Collected data entries
┄┄┄┄┄┄┄┄┄┄┄┄┄┄┄┄┄┄┄┄

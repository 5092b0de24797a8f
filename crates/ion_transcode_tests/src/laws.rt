//! The laws, stated where they are called.

use ion_transcode::laws::{
    binary_is_complete, binary_is_sound, binary_is_spelled_once, binary_streams_join,
    catalog_verdicts_are_read, catalogs_are_loaded, catalogs_are_text, each_layout_is_read,
    each_layout_is_read_within, each_shown_text_is_accepted, faultless_paths_are_read,
    good_streams_are_accepted, layouts_are_alike, layouts_are_shown_alike, one_catalog,
    one_catalog_verdict, one_spelling, one_verdict, parts_are_the_whole,
    parts_of_binary_show_the_whole, refusals_of_binary_stand, refused_output_is_that_of_a_path,
    round_trip, show_once, streams_are_read, tables_are_catalogs, text_is_complete, text_is_read,
    text_is_read_within, text_is_sound, text_is_spelled_once, there_and_back,
    trees_in_order_are_accepted, values_of_streams, what_is_accepted_is_read,
    what_is_accepted_leaves_a_table, what_is_read_is_accepted, what_is_read_is_no_deeper,
    what_is_shown_is_accepted, what_may_be_kept, written_binary_is_accepted,
};

#[test]
fn states_laws() {
    binary_is_sound();
    text_is_sound();
    binary_is_complete();
    text_is_complete();
    binary_is_spelled_once();
    text_is_spelled_once();
    one_spelling();
    one_verdict();
    streams_are_read();
    faultless_paths_are_read();
    refused_output_is_that_of_a_path();
    catalog_verdicts_are_read();
    catalogs_are_loaded();
    tables_are_catalogs();
    one_catalog_verdict();
    one_catalog();
    catalogs_are_text();
    each_layout_is_read();
    text_is_read();
    layouts_are_alike();
    values_of_streams();
    round_trip();
    layouts_are_shown_alike();
    show_once();
    there_and_back();
    what_is_read_is_accepted();
    good_streams_are_accepted();
    trees_in_order_are_accepted();
    what_is_accepted_is_read();
    what_is_read_is_no_deeper();
    each_layout_is_read_within();
    text_is_read_within();
    each_shown_text_is_accepted();
    what_is_shown_is_accepted();
    written_binary_is_accepted();
    parts_are_the_whole();
    binary_streams_join();
    parts_of_binary_show_the_whole();
    refusals_of_binary_stand();
    what_is_accepted_leaves_a_table();
    what_may_be_kept();
}
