// The calls of `take_plain`, by what the item is: each puts all of the item and moves after it, or
// answers false and changes nothing. They are calls of their own that take few words: the canonical
// texts of the item's name and annotations, which are empty where there is none, as no symbol's is.
impl<L: Layout, A: Allocator + Copy> LaidOut<L, A> {
    // A scalar of this text between two marks of a byte or none.
    #[inline(always)]
    fn take_marked<O: Output>(
        &mut self,
        sink: &mut Sink<O, A>,
        name: &[u8],
        note: &[u8],
        first: &[u8],
        text: &[u8],
        last: &[u8],
    ) -> bool
        requires first { length first.now ≤ 1 }
        requires last { length last.now ≤ 1 }
        ensures { TakesScalar L.layout self.old self.new sink.old sink.new result
            name.now note.now (first.now ++ (text.now ++ last.now)) }
    {
        if !has_room::<L, O, A>(sink, self.kinds.as_slice(), name, note, text.len() + 2) {
            return false;
        }
        put_gap_within(sink, before::<L>(self.kinds.as_slice(), self.empty));
        put_front::<L, O, A>(sink, name, note);
        put_mark(sink, first);
        sink.put_within(text);
        put_mark(sink, last);
        put_mark(sink, after(self.kinds.as_slice()));
        self.empty = false;
        true
    }

    // A scalar of this text.
    #[inline(never)]
    fn take_text<O: Output>(
        &mut self,
        sink: &mut Sink<O, A>,
        name: &[u8],
        note: &[u8],
        text: &[u8],
    ) -> bool
        ensures { TakesScalar L.layout self.old self.new sink.old sink.new result
            name.now note.now text.now }
    {
        self.take_marked(sink, name, note, b"", text, b"")
    }

    // A symbol.
    #[inline(always)]
    fn take_symbol<O: Output>(
        &mut self,
        sink: &mut Sink<O, A>,
        name: &[u8],
        note: &[u8],
        symbol: Sym<'_>,
    ) -> bool
        ensures { TakesScalar L.layout self.old self.new sink.old sink.new result
            name.now note.now (symbol_text (user_symbol (symbol_of symbol.entry))) }
    {
        match symbol {
            Sym::Text(text) => self.take_known(sink, name, note, text),
            Sym::Id(_) => self.take_text(sink, name, note, b"$0"),
        }
    }

    // The symbol of a text.
    #[inline(never)]
    fn take_known<O: Output>(
        &mut self,
        sink: &mut Sink<O, A>,
        name: &[u8],
        note: &[u8],
        text: &[u8],
    ) -> bool
        ensures { TakesScalar L.layout self.old self.new sink.old sink.new result
            name.now note.now (symbol_text (Known text.now)) }
    {
        if is_bare(text) {
            return self.take_text(sink, name, note, text);
        }
        if !stands_in_symbol(text) {
            return false;
        }
        self.take_quoted(sink, name, note, text)
    }

    // A symbol between quotes, which has no escapes.
    #[inline(never)]
    fn take_quoted<O: Output>(
        &mut self,
        sink: &mut Sink<O, A>,
        name: &[u8],
        note: &[u8],
        text: &[u8],
    ) -> bool
        requires { all_are (is_shown 39 256) text.now ≡ true }
        ensures { TakesScalar L.layout self.old self.new sink.old sink.new result
            name.now note.now (between_quotes 39 256 text.now) }
    {
        self.take_marked(sink, name, note, b"'", text, b"'")
    }

    // A string that has no escapes.
    #[inline(never)]
    fn take_string<O: Output>(
        &mut self,
        sink: &mut Sink<O, A>,
        name: &[u8],
        note: &[u8],
        text: &[u8],
    ) -> bool
        ensures { TakesScalar L.layout self.old self.new sink.old sink.new result
            name.now note.now (between_quotes 34 256 text.now) }
    {
        if !stands_in_string(text) {
            return false;
        }
        self.take_marked(sink, name, note, b"\"", text, b"\"")
    }

    // An int.
    #[inline(always)]
    fn take_int<O: Output>(
        &mut self,
        sink: &mut Sink<O, A>,
        name: &[u8],
        note: &[u8],
        int: Int,
    ) -> bool
        ensures { TakesScalar L.layout self.old self.new sink.old sink.new result
            name.now note.now (int_text int) }
    {
        if int.magnitude > u64::MAX as u128 {
            return false;
        }
        self.take_narrow_int(sink, name, note, int.negative, int.magnitude as u64)
    }

    // An int with this sign and a magnitude that 64 bits hold.
    #[inline(never)]
    fn take_narrow_int<O: Output>(
        &mut self,
        sink: &mut Sink<O, A>,
        name: &[u8],
        note: &[u8],
        negative: bool,
        magnitude: u64,
    ) -> bool
        ensures { TakesScalar L.layout self.old self.new sink.old sink.new result name.now note.now
            (int_text (record { negative = negative; magnitude = magnitude })) }
    {
        let mut buffer = Buffer::new();
        let digits = buffer.format(magnitude).as_bytes();
        self.take_marked(sink, name, note, minus(negative), digits, b"")
    }

    // A float. Its text goes to no further call, which would move all that this one was given.
    #[inline(never)]
    fn take_float<O: Output>(
        &mut self,
        sink: &mut Sink<O, A>,
        name: &[u8],
        note: &[u8],
        float: Float64,
    ) -> bool
        ensures { TakesScalar L.layout self.old self.new sink.old sink.new result
            name.now note.now (float_text (value_of float)) }
    {
        let text = float_to_text(float);
        self.take_marked(sink, name, note, b"", text.as_str().as_bytes(), b"")
    }

    // A decimal. It is in line, since what is handed to a call of its own would go by memory, which all ways
    // of `take_head` would clear.
    #[inline(always)]
    fn take_decimal<O: Output>(
        &mut self,
        sink: &mut Sink<O, A>,
        name: &[u8],
        note: &[u8],
        decimal: Decimal,
    ) -> bool
        requires { IsDecimal decimal }
        ensures { TakesScalar L.layout self.old self.new sink.old sink.new result
            name.now note.now (decimal_text decimal) }
    {
        let text = decimal_to_text(decimal);
        self.take_text(sink, name, note, text.as_str().as_bytes())
    }

    // A timestamp, by a call that is not in line. What is handed to that goes by memory, which is of this way
    // alone: where the call stands in `take_head`, all ways there clear it.
    #[inline(always)]
    fn take_timestamp<O: Output>(
        &mut self,
        sink: &mut Sink<O, A>,
        name: &[u8],
        note: &[u8],
        moment: Timestamp,
    ) -> bool
        requires { IsTimestamp moment }
        ensures { TakesScalar L.layout self.old self.new sink.old sink.new result
            name.now note.now (timestamp_text moment) }
    {
        self.take_timestamp_text(sink, name, note, moment)
    }

    // The text of a timestamp.
    #[inline(never)]
    fn take_timestamp_text<O: Output>(
        &mut self,
        sink: &mut Sink<O, A>,
        name: &[u8],
        note: &[u8],
        moment: Timestamp,
    ) -> bool
        requires { IsTimestamp moment }
        ensures { TakesScalar L.layout self.old self.new sink.old sink.new result
            name.now note.now (timestamp_text moment) }
    {
        let text = timestamp_to_text(moment);
        self.take_text(sink, name, note, text.as_str().as_bytes())
    }

    // The beginning of a container.
    #[inline(never)]
    fn take_begin<O: Output>(
        &mut self,
        meter: &mut Meter<A>,
        sink: &mut Sink<O, A>,
        name: &[u8],
        note: &[u8],
        kind: Kind,
    ) -> bool
        requires can_step { CanStep self.old meter.old }
        requires deep { length self.old.kinds < self.old.limits.depth }
        ensures { TakesHead self.old self.new meter.old meter.new sink.old sink.new result
            (plain_begin L.layout (opened_in self.old) name.now note.now (opener kind))
            ((kind, true) ∷ with_member (opened_in self.old)) }
    {
        if !has_room::<L, O, A>(sink, self.kinds.as_slice(), name, note, 1) {
            return false;
        }
        let gap = before::<L>(self.kinds.as_slice(), self.empty);
        if !self.kinds.push_within(meter, kind) {
            return false;
        }
        put_gap_within(sink, gap);
        put_front::<L, O, A>(sink, name, note);
        put_mark(sink, opener(kind));
        self.empty = true;
        true
    }

    // The end of the innermost container.
    #[inline(never)]
    fn take_end<O: Output>(&mut self, meter: &mut Meter<A>, sink: &mut Sink<O, A>) -> bool
        requires can_step { CanStep self.old meter.old }
        ensures { TakesHead self.old self.new meter.old meter.new sink.old sink.new result
            (end_text L.layout (opened_in self.old)) (drop 1 (opened_in self.old)) }
    {
        let gap = before_end::<L>(self.kinds.as_slice(), self.empty);
        if !gap.fits(2, sink.room()) {
            return false;
        }
        put_gap_within(sink, gap);
        put_mark(sink, closing(self.kinds.as_slice()));
        put_mark(sink, after_end(self.kinds.as_slice()));
        self.kinds.pop(meter);
        self.empty = false;
        true
    }

    // A head, which may come with its text.
    #[inline(always)]
    fn take_head<O: Output>(
        &mut self,
        meter: &mut Meter<A>,
        sink: &mut Sink<O, A>,
        name: &[u8],
        note: &[u8],
        head: Head<'_>,
        spelled: Option<NameText<'_>>,
    ) -> bool
        requires can_step { CanStep self.old meter.old }
        requires comes { MayCome self.old (raw_head head) }
        requires spelled { IfSome spelled (λ t. IsWrittenAs t.quoting t.text.now (raw_head head)) }
        ensures { TakesHead self.old self.new meter.old meter.new sink.old sink.new result
            (head_text L.layout (opened_in self.old) (plain_front L.layout name.now note.now)
            (map_head user_symbol_at (raw_head head.entry)))
            (open_after (opened_in self.old) (map_head user_symbol_at (raw_head head.entry))) }
    {
        if let Some(found) = spelled {
            return match found.quoting {
                Quoting::Bare => self.take_text(sink, name, note, found.text),
                Quoting::Quoted => self.take_quoted(sink, name, note, found.text),
                Quoting::Any => false,
            };
        }
        match head {
            Head::Null(of) => self.take_text(sink, name, note, null(of)),
            Head::Bool(truth) => self.take_text(sink, name, note, bool_text(truth)),
            Head::Int(int) => self.take_int(sink, name, note, int),
            Head::Float(float) => self.take_float(sink, name, note, float),
            Head::Decimal(decimal) => self.take_decimal(sink, name, note, decimal),
            Head::Timestamp(moment) => self.take_timestamp(sink, name, note, moment),
            Head::Symbol(at) => self.take_symbol(sink, name, note, at.sym),
            Head::String(text) => self.take_string(sink, name, note, text),
            Head::Begin(kind) => self.take_begin(meter, sink, name, note, kind),
            Head::End => self.take_end(meter, sink),
            _ => false,
        }
    }

    // An item whose name or annotation may stand between quotes, or that has two annotations: they
    // are spelled first. It is marked as cold, so that what leads to it stands apart from what is
    // frequent, and takes no register from it.
    #[cold]
    #[inline(never)]
    fn take_spelled<O: Output>(
        &mut self,
        meter: &mut Meter<A>,
        sink: &mut Sink<O, A>,
        item: PlainItem<'_, '_>,
    ) -> bool
        requires can_step { CanStep self.old meter.old }
        requires comes { MayCome self.old (raw_head item.head) }
        requires quoted { SaysRightly item }
        requires spelled { IsSpelled item }
        ensures { TakesHead self.old self.new meter.old meter.new sink.old sink.new result
            (item_text L.layout (opened_in self.old) (user_item (placed_item item.entry)))
            (open_after (opened_in self.old) (user_item (placed_item item.entry)).head) }
    {
        let mut front = ArrayVec::new();
        if !spell(&mut front, item.field) {
            return false;
        }
        let cut = front.len();
        if !spell_notes(&mut front, item.annotation, item.second) {
            return false;
        }
        let (name, note) = front.as_slice().split_at(cut);
        self.take_head(meter, sink, name, note, item.head, item.spelled)
    }
}

// The minus of a number below zero.
#[inline(always)]
fn minus(negative: bool) -> &'static [u8]
    ensures { result.now ≡ (if negative then 45 ∷ [] else []) }
{
    if negative { b"-" } else { b"" }
}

┄┄┄┄┄┄┄┄┄┄┄┄┄┄┄┄┄┄┄┄

To do →
Extract every line containing the string "length" from the data above.

Answer space →
        requires first { length first.now ≤ 1 }
        requires last { length last.now ≤ 1 }
        requires deep { length self.old.kinds < self.old.limits.depth }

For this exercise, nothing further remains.